Announcing Version 1.0 of .NET for Apache Spark

Jeremy Likness

Principal Program Manager - .NET AI experience

Today, we announce the release of version 1.0 of .NET for Apache® Spark™, an open source package that brings .NET development to the Apache® Spark™ platform. This release is possible due to the combined efforts of Microsoft and the open source community. Version 1.0 includes support for .NET applications targeting .NET Standard 2.0 or later. Access to the Apache® Spark™ DataFrame APIs (versions 2.3, 2.4 and 3.0) and the ability to write Spark SQL and create user-defined functions (UDFs) are also included in the release.

The .NET Bot

The following code snippet is an example of using Spark to produce a word count from a document (browse the full sample here):

var docs = spark.Read().Option("header", true).Csv("documents.csv");
var filCol = Functions.Col("file");
var words = docs
    .Select(
        fileCol,
        // "a b c" => ["a", "b", "c"]
        Functions.Split(
            Functions.Col("words"), " ")
        .Alias("wordList"))
    // flatten into one row per word
    .Select(
        fileCol,
        // 1: ["a", "b", "c"] => 1: "a", 2: "b", 3: "c"
        Functions.Explode(
            Functions.Col("wordList"))
        .Alias("word"))
    .GroupBy(fileCol, Functions.Lower(Functions.Col("word")))
    .Count();

Background

.NET for Apache® Spark™ launched two years ago to address increasing demand from the .NET community for an easier way to build big data applications. A recent survey confirmed the biggest motivation to use the package is to take advantage of existing .NET development skills and resources, including the enormous .NET ecosystem of existing libraries and frameworks. The team is committed to the continuous evolution of the product to integrate the latest features and keep the API current with the latest Spark versions. For more about the history of the project and key contributors, read the full announcement.

Get Started

There are several options to get started. First, read the full .NET for Apache Spark 1.0 announcement. Then you can:

Browse our online .NET for Apache Spark documentation
Take the tutorial: Get started with .NET for Apache Spark
Submit jobs to run on Azure and analyze data in real-time notebooks using .NET for Apache Spark with Azure Synapse Analytics
Visit and consider contributing to our open source repository

Author

Jeremy Likness

Principal Program Manager - .NET AI experience

Jeremy is a Principal Product Manager at Microsoft, responsible for the AI experience in .NET. He's also managed minimal APIs, ASP.NET's authentication/authorization capabilities and .NET data products including Entity Framework.

6 comments

Discussion is closed. Login to edit/delete existing comments.

Dusan F November 1, 2020

Meanwhile our company moved from Apache Spark (java) to Flink. Even courses (pluralsight) are comparing Hadoop to 3G, Spark to 4G and Flink to 5G. Is there plan for 5G in .NET? Is there some project trying to port Flink stuff to .NET?
- Michael Rys December 2, 2020
  
  Hi Dusan, if you have good use cases where you prefer Flink, I would suggest to file a feature request at the Azure Synapse uservoice. Once we see an increase in demand we can look into it.
kirts October 28, 2020

Is there support yet for delta lake? If not, is that on the roadmap?
- Jeremy Likness Author October 29, 2020
  
  Yes, it supports Delta Lake.
saint4eva October 28, 2020

The acquisition process is still not easy.
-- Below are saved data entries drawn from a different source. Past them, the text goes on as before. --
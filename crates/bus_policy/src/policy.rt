//! Policies (xdg-dbus-proxy(1)): the names that an application may see, talk to and own, and rules
//! for further messages that pass.

ghost use Rattle.std.specs.Prelude.{◌≡◌, ◌↔◌, [], ◌∷◌, ◌++◌, ℕ, List, true, false, OnOk, OnErr, IsErrOf, IsOkUnless};
ghost use Rattle.bus_rules.specs.declared.rule.Rule.{Rule as TheRule};
ghost use Rattle.bus_rules.specs.Rules.{IsRule, IsNoRule};
ghost use Rattle.bus_policy.specs.Levels.{is_pattern, rules_level, level_by, allows, same_kind};
ghost use Rattle.bus_policy.specs.Watching.{any_leave};

use crate::level::Level;
use crate::pattern::{is_name_pattern, matches_name};
use bus_frame::Header;
use bus_rules::{Rule, RuleError};
use fp_base::Text;
use std::alloc::{AllocError, AllocFailed, Global};
use std::error::Error;
use std::fmt;
use std::marker::Model;

/// The messages that a rule is for.
#[derive(Clone, Copy)]
pub enum RuleKind {
    /// Calls of the client to a peer.
    Call,
    /// Broadcast signals of a peer, which have no destination.
    Broadcast,
}

/// The grant of a rule to the names of its pattern.
#[derive(Drop)]
pub enum Grant {
    /// A level.
    Level(Level),
    /// Messages that match the rule pass, and the names can be seen.
    Rule(RuleKind, Rule),
}

/// A rule of a policy: a pattern of names, and a grant to these names.
#[derive(Drop)]
pub struct PolicyRule {
    /// A well-known name, or `NAME.*` for NAME and all names below it.
    pub pattern: Text,
    /// The grant to the names of the pattern.
    pub grant: Grant,
}

/// The error of adding a rule.
#[derive(Debug, PartialEq, Eq, Drop)]
pub enum PolicyError {
    /// The pattern or the rule's text isn't valid.
    Bad,
    /// Memory ran out.
    NoMemory,
}

impl fmt::Display for PolicyError {
    fn fmt<W: fmt::Write>(&self, f: &mut fmt::Formatter<W>) -> fmt::Result {
        match self {
            PolicyError::Bad => write!(f, "not a pattern of names or not a rule"),
            PolicyError::NoMemory => write!(f, "out of memory"),
        }
    }
}

impl Error for PolicyError {}

impl From<AllocError> for PolicyError {
    ghost use Rattle.std.specs.Prelude.{◌≡◌};
    ghost use Rattle.bus_policy.specs.declared.policy.PolicyError.TheVariants.{NoMemory};

    ghost from_gives = { λ _ e. e ≡ NoMemory };

    fn from(_error: AllocError) -> PolicyError {
        PolicyError::NoMemory
    }
}

impl<T: Drop> From<AllocFailed<T>> for PolicyError {
    ghost use Rattle.std.specs.Prelude.{◌≡◌};
    ghost use Rattle.bus_policy.specs.declared.policy.PolicyError.TheVariants.{NoMemory};

    ghost from_gives = { λ _ e. e ≡ NoMemory };

    fn from(_error: AllocFailed<T>) -> PolicyError {
        PolicyError::NoMemory
    }
}

/// A list of rules.
#[derive(Drop)]
pub struct Policy {
    rules: Vec<PolicyRule>,
}

impl Model for Policy {
    ghost use Rattle.std.specs.Prelude.{List};
    ghost use Rattle.bus_policy.specs.declared.policy.PolicyRule.{PolicyRule};

    ghost Value = { List PolicyRule };

    ghost view = { λ p. p.rules.items };
}

impl Policy {
    /// Creates a policy without rules.
    pub fn new(alloc: Global) -> Self
        ensures { result ≡ [] }
    {
        Policy {
            rules: Vec::new(alloc),
        }
    }

    /// Adds a rule at the end that grants a level to the names of a pattern. Errs with `Bad`
    /// exactly if the pattern isn't valid. On an error nothing changes.
    pub fn add(&mut self, alloc: Global, pattern: &str, level: Level) -> Result<(), PolicyError>
        ensures ok { OnOk result
            (self.new ≡ self.old
            ++ record { pattern = pattern.now; grant = Grant.Level level } ∷ []) }
        ensures bad { IsErrOf result PolicyError.Bad ↔ (is_pattern pattern.now ≡ false) }
        ensures err { OnErr result (self.new ≡ self.old) }
    {
        if !is_name_pattern(pattern.as_bytes()) {
            return Err(PolicyError::Bad);
        }
        self.push(alloc, pattern, Grant::Level(level))
    }

    fn push(&mut self, alloc: Global, pattern: &str, grant: Grant) -> Result<(), PolicyError>
        ensures ok { OnOk result
            (self.new ≡ self.old ++ record { pattern = pattern.now; grant = grant } ∷ []) }
        ensures err { OnErr result (self.new ≡ self.old) }
        ensures needs_no_memory { IsOkUnless result PolicyError.NoMemory }
    {
        let pattern = Text::from_str(alloc, pattern)?;
        self.rules.push(PolicyRule { pattern, grant })?;
        Ok(())
    }

    /// Adds a rule at the end that lets calls or broadcasts pass. Errs with `Bad` exactly if the
    /// pattern or the rule's text isn't valid. On an error nothing changes.
    pub fn add_rule(
        &mut self,
        alloc: Global,
        kind: RuleKind,
        pattern: &str,
        rule: &str,
    ) -> Result<(), PolicyError>
        ensures ok { OnOk result ((read : TheRule) × IsRule read rule.now
            × (self.new ≡ self.old
            ++ record { pattern = pattern.now; grant = Grant.Rule kind read } ∷ [])) }
        ensures bad_pattern { is_pattern pattern.now ≡ false → IsErrOf result PolicyError.Bad }
        ensures bad_rule { IsNoRule rule.now → IsErrOf result PolicyError.Bad }
        ensures bad { IsErrOf result PolicyError.Bad → is_pattern pattern.now ≡ true
            → IsNoRule rule.now }
        ensures err { OnErr result (self.new ≡ self.old) }
    {
        if !is_name_pattern(pattern.as_bytes()) {
            return Err(PolicyError::Bad);
        }
        match Rule::parse(alloc, rule) {
            Ok(rule) => self.push(alloc, pattern, Grant::Rule(kind, rule)),
            Err(RuleError::Bad) => Err(PolicyError::Bad),
            Err(RuleError::NoMemory) => Err(PolicyError::NoMemory),
        }
    }

    /// Returns the rules in order.
    pub fn rules(&self) -> &[PolicyRule]
        ensures { result.now ≡ self.now }
    {
        &self.rules
    }
}

/// Returns the greatest level that the rules give to a name.
pub fn level_by_rules(rules: &[PolicyRule], name: &[u8]) -> Level
    ensures { result ≡ rules_level rules.now name.now }
{
    let mut level = Level::None;
    for rule in rules {
        level = level.or(rule.level_of(name));
    }
    level
}

impl PolicyRule {
    fn level_of(&self, name: &[u8]) -> Level
        ensures { result ≡ level_by self.now name.now }
    {
        if !matches_name(self.pattern.as_str().as_bytes(), name) {
            return Level::None;
        }
        match &self.grant {
            Grant::Level(level) => *level,
            Grant::Rule(_, _) => Level::See,
        }
    }

    /// Returns whether the rule lets a call or a broadcast with this header pass, if its pattern
    /// matches the peer. The pattern isn't checked here.
    pub fn gives_leave(&self, kind: RuleKind, header: &Header) -> bool
        ensures { result ≡ allows kind header.now self.now.grant }
    {
        match &self.grant {
            Grant::Level(_) => false,
            Grant::Rule(other, rule) => is_same_kind(kind, *other) && rule.matches(header),
        }
    }
}

fn is_same_kind(kind: RuleKind, other: RuleKind) -> bool
    ensures { result ≡ same_kind kind other }
{
    matches!(
        (kind, other),
        (RuleKind::Call, RuleKind::Call) | (RuleKind::Broadcast, RuleKind::Broadcast)
    )
}

/// Returns whether a rule lets a message to or from a peer pass. Each flag is true if the rule's
/// pattern matches a name that the peer ever had; a missing flag counts as false.
pub fn any_gives_leave(
    rules: &[PolicyRule],
    flags: &[bool],
    kind: RuleKind,
    peer: &[u8],
    header: &Header,
) -> bool
    ensures { result ≡ any_leave kind peer.now header.now rules.now flags.now }
{
    for (i, rule) in rules.iter().enumerate() {
        let is_had = match flags.get(i) {
            Some(flag) => *flag,
            None => false,
        };
        if rule.gives_leave(kind, header)
            && (matches_name(rule.pattern.as_str().as_bytes(), peer) || is_had)
        {
            return true;
        }
    }
    false
}
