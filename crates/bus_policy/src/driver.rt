//! Calls to the bus itself: its methods, and the decision for each, as in xdg-dbus-proxy(1).

ghost use Rattle.std.specs.Prelude.{◌≡◌};
ghost use Rattle.bus_policy.specs.Driver.{is_to_driver, called_interface, called_member, own_handler, other_handler, handler_of, is_listing};

use crate::level::Level;
use bus_frame::{BUS_NAME, Header};
use bus_rules::is_text;

/// The interface by which the bus describes its objects and methods.
const INTROSPECTABLE: &str = "org.freedesktop.DBus.Introspectable";

/// The interface that every peer on the bus has.
const PEER: &str = "org.freedesktop.DBus.Peer";

/// The decision for a call to the bus.
#[derive(Clone, Copy)]
pub enum Handler {
    /// The call passes.
    Pass,
    /// The call passes, and the names that the client may not see are removed from the reply.
    FilterNameListReply,
    /// The call passes if its first argument is a string that doesn't contain `eavesdrop`.
    ValidateMatch,
    /// The call passes if the name in its first argument has at least this level.
    Validate(Level),
    /// The call is refused.
    Deny,
}

fn is_for_driver(header: &Header) -> bool
    ensures { result ≡ is_to_driver header.now }
{
    header.destination.is_none() || is_text(&header.destination, BUS_NAME)
}

/// Returns the interface of a call to the bus; the bus's own interface if none is named.
fn interface_called(header: &Header) -> &str
    ensures { result.now ≡ called_interface header.now }
{
    match &header.interface {
        Some(interface) => interface.as_str(),
        None => BUS_NAME,
    }
}

fn member_called(header: &Header) -> &str
    ensures { result.now ≡ called_member header.now }
{
    match &header.member {
        Some(member) => member.as_str(),
        None => "",
    }
}

/// Returns the decision for a call of the bus's own interface, by its member.
fn own_handler_of(member: &str) -> Handler
    ensures { result ≡ own_handler member.now }
{
    match member {
        "Hello" | "RemoveMatch" | "GetId" => Handler::Pass,
        "ListNames" | "ListActivatableNames" => Handler::FilterNameListReply,
        "AddMatch" => Handler::ValidateMatch,
        "NameHasOwner"
        | "GetNameOwner"
        | "GetConnectionUnixProcessID"
        | "GetConnectionUnixUser"
        | "GetConnectionCredentials" => Handler::Validate(Level::See),
        "StartServiceByName" => Handler::Validate(Level::Talk),
        "RequestName" | "ReleaseName" | "ListQueuedOwners" => Handler::Validate(Level::Own),
        _ => Handler::Deny,
    }
}

/// Returns the decision for a call of another interface of the bus.
fn other_handler_of(interface: &str, member: &str) -> Handler
    ensures { result ≡ other_handler interface.now member.now }
{
    let passes = (interface == INTROSPECTABLE && member == "Introspect")
        || (interface == PEER && (member == "Ping" || member == "GetMachineId"));
    if passes { Handler::Pass } else { Handler::Deny }
}

/// Returns the decision for a call to the bus.
#[tactic(auto, unfolding(crate::specs::Driver::handler_of))]
pub fn handler_of_call(header: &Header) -> Handler
    ensures { result ≡ handler_of header.now }
{
    let interface = interface_called(header);
    if interface == BUS_NAME {
        own_handler_of(member_called(header))
    } else {
        other_handler_of(interface, member_called(header))
    }
}

/// Returns whether a call is for the bus and lists its names.
pub fn asks_for_names(header: &Header) -> bool
    ensures { result ≡ is_listing header.now }
{
    is_for_driver(header) && matches!(handler_of_call(header), Handler::FilterNameListReply)
}
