//! The policy of a filter: levels of names, and verdicts on messages by the events before them.
#![tactic(auto)]

mod calls;
mod driver;
mod judging;
pub mod laws;
mod level;
mod noting;
mod pattern;
mod peer;
mod peers;
mod policy;
mod verdict;
mod watch;

pub use level::Level;
pub use policy::{Grant, Policy, PolicyError, PolicyRule, RuleKind};
pub use verdict::Verdict;
pub use watch::{FixedHasher, Watch};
A lot of moving parts that need to be stitched together before the proper coding.
- Michael Rys December 2, 2020
  
  @saint4eva: How are you planning on using it? We provide support for it out of the box in Azure HDInsight and Azure Synapse Spark pools. If you like to see it in Databricks I suggest to reach out to Databricks (if they see customer demand, I am sure they will consider it).